Section 30(1)(b) provides for the refusal of a request where the FOI body considers that access to the record concerned could reasonably be expected to have a significant, adverse effect on the performance by an FOI body of any of its functions relating to management (including industrial relations and management of its staff). An FOI body relying on section 30(1)(b) should identify the potential harm to the performance of any of its functions relating to management that might arise from disclosure. Having identified that harm, it must consider the reasonableness of any expectation that the harm will occur, which must be of a “significant, adverse” nature. This Office also considers that the term management is a word of wide import and that it is apt to cover a variety of activities of an FOI body, including activities such as strategic planning, and the management of operational matters.
Where a record is exempt under either section 30(1)(a) or (b), the public interest test at section 30(2) must be considered.

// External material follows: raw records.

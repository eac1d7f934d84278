//! The least number of instructions of a valid derivation, and that it is a recursion on the height.
//!
//! What a node's children are to compute is all that the rest of a derivation sees of it. So the least number of
//! instructions for a need is one more than the least sum over what children of one of its nodes are to compute: the
//! principle of optimality, as in Bellman, "Dynamic Programming", 1957.
#![tactic(auto)]

mod laws;

pub use laws::{
    counts_bound_heights, derivations_have_counts, least_by_limits, least_counts_are_a_recursion,
    least_selections_are_sums, limits_cut_least_counts, the_recursion_tells_of_derivations,
};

At the time of its submission, the Department said the 2021 Leaving Certificate and accompanying accredited grades system was underway and this year’s model of accredited grades draws on the 2020 model of calculated grades. It said that while schools submitted estimated percentage marks for students, the processes of making refinements to the model, considering the 2021 data submitted by schools, and national standardisation, were underway. It argued that as the accredited grades model is considered for certification purposes to lead to the awarding of a Leaving Certificate, it should be considered to relate to tests and examinations for the purposes of section 30(1)(a).
The Department further argued that the release of records relating to the errors in the 2020 process which contain incorrect factual information, with possible resulting media commentary, could reasonably be expected to impact on capacity to operate and successfully deliver the process of national standardisation for the 2021 accredited grades system in a fair and impartial manner. It argued that such commentary could reasonably be expected to have a knock-on effect on students’ confidence in the 2021 system, most particularly in the lead-up to the release of the 2021 results, which it termed a time of enormous stress for students.
Having regard to the contents of the records at issue, I do not accept the Department’s arguments. Essentially, its arguments in support of refusal of the records under section 30 are based on its assertion that the records contain incorrect information. This Office has previously found that the possibility of the public misunderstanding information is, generally speaking, not a good cause for refusing access to the records of public bodies. In Case 98078 - Mr Martin Wall and the Department of Health and Children - the then Commissioner considered that, apart from anything else, such an argument seems to be based on an assumption, which he did not accept, that public bodies are incapable of explaining their records to the public and are unable to present information to the public in a way which will allow any objective observer to draw accurate and balanced conclusions. In this case, the Department has indicated that the correct information is already in the public domain and
as such I do not consider the Department’s arguments to be well founded. I find, therefore, that section 30 does not apply
In light of my findings there is no need for me to consider the public interest test at section 30(2).
Having carried out a review under section 22(2) of the FOI Act, I annul the Department’s decision to refuse access in full to records 3, 8 and 14 and I direct that they be released, with the exception of the email addresses of individuals other than staff of the Department.
Section 24 of the FOI Act sets out detailed provisions for an appeal to the High Court by a party to a review, or any other person affected by the decision. In summary, such an appeal, normally on a point of law, must be initiated not later than four weeks after notice of the decision was given to the person bringing the appeal.